* Exercise directions:
Nothing belongs in the answer except the lines of the material that include "cause".

==========

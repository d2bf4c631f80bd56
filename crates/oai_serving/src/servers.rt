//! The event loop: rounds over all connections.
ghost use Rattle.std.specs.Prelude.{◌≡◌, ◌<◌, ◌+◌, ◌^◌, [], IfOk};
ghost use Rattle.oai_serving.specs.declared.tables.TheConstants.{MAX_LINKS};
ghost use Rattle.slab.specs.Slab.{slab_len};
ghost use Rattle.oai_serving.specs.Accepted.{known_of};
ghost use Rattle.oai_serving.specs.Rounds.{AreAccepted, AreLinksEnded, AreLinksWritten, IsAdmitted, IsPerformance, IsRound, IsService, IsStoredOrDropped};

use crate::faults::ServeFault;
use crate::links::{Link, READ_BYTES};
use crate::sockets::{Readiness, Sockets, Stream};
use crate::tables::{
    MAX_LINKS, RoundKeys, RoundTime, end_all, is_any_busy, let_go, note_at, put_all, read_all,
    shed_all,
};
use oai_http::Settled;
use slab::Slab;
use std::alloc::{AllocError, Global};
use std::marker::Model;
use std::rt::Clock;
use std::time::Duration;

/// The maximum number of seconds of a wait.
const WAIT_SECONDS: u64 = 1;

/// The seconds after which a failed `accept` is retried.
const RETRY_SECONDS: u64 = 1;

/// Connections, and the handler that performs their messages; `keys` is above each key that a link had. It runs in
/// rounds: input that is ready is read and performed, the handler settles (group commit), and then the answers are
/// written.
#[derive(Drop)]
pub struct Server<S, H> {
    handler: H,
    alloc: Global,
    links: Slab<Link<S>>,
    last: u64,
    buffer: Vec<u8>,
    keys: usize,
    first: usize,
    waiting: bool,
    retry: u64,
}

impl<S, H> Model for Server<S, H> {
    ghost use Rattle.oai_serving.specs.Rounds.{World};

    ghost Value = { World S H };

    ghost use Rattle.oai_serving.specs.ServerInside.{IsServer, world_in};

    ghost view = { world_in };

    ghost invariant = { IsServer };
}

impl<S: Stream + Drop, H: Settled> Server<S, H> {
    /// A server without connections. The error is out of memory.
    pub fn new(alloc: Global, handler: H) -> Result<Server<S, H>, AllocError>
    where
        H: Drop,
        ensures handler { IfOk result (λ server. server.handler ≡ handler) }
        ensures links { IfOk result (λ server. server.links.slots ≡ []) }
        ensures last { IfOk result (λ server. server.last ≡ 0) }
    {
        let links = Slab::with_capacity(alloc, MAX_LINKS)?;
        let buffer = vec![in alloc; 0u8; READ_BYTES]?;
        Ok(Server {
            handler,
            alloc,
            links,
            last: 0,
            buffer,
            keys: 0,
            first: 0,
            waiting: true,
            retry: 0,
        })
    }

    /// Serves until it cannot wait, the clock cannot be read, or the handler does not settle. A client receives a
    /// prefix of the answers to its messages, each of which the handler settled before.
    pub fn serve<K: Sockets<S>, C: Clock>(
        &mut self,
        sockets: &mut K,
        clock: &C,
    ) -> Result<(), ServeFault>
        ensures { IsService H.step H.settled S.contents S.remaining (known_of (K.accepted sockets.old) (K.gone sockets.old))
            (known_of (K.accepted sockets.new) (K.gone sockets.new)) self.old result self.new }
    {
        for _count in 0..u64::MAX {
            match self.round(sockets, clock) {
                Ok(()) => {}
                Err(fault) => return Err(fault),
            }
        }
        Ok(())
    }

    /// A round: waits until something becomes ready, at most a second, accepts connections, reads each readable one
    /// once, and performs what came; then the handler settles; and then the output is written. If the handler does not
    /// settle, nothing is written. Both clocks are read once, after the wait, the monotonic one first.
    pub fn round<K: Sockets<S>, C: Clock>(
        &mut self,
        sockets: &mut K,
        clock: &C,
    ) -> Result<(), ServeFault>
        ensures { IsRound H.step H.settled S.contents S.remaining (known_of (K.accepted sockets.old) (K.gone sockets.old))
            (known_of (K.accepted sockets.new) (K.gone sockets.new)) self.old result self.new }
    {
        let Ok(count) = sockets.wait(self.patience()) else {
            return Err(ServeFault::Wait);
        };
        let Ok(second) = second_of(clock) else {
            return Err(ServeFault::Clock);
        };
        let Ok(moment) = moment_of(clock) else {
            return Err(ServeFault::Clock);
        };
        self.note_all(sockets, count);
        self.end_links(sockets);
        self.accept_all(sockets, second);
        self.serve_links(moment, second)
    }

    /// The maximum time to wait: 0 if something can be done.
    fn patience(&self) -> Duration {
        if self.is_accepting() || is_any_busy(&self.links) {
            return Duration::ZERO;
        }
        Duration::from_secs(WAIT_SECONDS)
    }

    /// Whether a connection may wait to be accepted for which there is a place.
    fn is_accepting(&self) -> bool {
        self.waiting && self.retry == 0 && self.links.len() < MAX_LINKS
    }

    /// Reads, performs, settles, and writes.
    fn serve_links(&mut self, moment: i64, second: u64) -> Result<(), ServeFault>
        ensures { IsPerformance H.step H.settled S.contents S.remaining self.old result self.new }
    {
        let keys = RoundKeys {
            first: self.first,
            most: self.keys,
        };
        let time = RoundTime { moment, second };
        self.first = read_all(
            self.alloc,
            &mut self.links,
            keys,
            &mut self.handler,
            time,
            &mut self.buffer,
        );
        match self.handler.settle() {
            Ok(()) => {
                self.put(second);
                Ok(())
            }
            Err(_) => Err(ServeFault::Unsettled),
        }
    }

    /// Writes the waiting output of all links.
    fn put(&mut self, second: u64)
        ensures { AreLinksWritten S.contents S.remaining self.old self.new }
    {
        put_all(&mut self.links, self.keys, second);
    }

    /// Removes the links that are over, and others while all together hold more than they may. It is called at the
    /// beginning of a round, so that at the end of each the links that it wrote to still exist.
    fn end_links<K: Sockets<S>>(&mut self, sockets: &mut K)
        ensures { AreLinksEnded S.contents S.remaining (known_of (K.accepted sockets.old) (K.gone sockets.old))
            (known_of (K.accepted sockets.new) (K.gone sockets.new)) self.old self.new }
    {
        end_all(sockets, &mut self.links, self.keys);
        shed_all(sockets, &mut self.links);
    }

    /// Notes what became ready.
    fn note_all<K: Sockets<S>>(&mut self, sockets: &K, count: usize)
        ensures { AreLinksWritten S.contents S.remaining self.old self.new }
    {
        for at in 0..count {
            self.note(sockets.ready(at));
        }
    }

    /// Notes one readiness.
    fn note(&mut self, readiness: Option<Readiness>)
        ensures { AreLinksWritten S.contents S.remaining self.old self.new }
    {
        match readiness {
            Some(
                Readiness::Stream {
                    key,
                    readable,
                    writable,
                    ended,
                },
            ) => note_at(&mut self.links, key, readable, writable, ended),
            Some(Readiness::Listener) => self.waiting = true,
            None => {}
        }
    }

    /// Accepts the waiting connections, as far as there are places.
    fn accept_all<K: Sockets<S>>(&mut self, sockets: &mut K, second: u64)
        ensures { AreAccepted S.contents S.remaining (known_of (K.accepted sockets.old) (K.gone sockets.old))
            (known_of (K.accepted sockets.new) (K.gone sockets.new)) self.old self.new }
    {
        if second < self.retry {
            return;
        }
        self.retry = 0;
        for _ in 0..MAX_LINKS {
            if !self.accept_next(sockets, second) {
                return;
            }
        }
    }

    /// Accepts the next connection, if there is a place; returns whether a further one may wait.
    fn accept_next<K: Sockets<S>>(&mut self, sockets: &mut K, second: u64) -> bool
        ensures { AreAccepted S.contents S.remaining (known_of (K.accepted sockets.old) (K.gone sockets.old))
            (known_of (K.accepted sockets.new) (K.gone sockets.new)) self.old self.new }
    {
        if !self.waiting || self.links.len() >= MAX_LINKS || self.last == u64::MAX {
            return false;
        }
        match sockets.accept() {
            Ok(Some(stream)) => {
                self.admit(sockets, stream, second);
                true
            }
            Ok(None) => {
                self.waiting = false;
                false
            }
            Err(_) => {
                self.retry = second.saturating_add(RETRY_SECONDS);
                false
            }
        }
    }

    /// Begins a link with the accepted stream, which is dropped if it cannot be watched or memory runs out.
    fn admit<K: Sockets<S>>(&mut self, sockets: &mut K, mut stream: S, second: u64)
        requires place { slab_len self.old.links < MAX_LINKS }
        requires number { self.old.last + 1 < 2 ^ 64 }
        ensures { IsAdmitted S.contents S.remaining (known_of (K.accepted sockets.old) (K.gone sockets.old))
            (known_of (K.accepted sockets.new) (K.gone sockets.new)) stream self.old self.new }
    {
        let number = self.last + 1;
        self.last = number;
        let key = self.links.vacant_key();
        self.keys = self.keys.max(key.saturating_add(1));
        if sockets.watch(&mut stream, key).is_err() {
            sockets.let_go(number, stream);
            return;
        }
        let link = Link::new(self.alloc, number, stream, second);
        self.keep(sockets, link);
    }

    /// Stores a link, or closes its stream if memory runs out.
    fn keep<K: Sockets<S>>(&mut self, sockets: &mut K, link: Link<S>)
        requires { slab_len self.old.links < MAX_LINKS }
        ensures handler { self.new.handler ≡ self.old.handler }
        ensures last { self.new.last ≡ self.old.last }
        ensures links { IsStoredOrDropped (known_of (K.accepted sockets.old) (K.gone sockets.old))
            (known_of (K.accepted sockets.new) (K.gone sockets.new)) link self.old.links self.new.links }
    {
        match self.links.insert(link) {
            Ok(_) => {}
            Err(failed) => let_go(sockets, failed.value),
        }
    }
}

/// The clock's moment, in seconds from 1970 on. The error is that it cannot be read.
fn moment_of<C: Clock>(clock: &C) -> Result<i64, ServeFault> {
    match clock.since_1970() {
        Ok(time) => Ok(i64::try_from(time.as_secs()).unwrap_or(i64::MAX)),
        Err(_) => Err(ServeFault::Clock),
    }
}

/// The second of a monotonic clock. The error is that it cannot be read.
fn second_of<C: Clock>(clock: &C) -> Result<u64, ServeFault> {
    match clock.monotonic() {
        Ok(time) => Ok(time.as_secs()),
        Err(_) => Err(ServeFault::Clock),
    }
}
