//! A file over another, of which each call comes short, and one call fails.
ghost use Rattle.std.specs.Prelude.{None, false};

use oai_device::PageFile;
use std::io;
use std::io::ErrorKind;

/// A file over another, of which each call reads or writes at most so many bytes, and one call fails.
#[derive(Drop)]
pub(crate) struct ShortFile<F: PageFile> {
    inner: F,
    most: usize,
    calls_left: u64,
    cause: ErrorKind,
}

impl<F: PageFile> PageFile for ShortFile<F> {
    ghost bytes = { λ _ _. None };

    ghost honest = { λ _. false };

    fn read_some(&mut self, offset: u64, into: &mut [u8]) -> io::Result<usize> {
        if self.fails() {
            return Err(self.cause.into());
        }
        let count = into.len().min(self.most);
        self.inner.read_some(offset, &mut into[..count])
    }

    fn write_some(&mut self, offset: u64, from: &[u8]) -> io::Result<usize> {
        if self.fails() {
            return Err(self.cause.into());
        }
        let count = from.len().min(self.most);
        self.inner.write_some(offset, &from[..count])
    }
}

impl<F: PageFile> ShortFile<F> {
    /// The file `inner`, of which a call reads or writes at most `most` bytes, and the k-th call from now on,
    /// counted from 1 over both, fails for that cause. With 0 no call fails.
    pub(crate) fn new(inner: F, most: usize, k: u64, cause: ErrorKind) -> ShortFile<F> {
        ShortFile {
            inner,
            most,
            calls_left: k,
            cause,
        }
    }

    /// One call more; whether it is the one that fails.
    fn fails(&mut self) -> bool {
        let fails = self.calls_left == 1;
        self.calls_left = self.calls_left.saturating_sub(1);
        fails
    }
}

==========

* Result of this exercise:
    cause: ErrorKind,
            return Err(self.cause.into());
            return Err(self.cause.into());
    /// counted from 1 over both, fails for that cause. With 0 no call fails.
    pub(crate) fn new(inner: F, most: usize, k: u64, cause: ErrorKind) -> ShortFile<F> {
            cause,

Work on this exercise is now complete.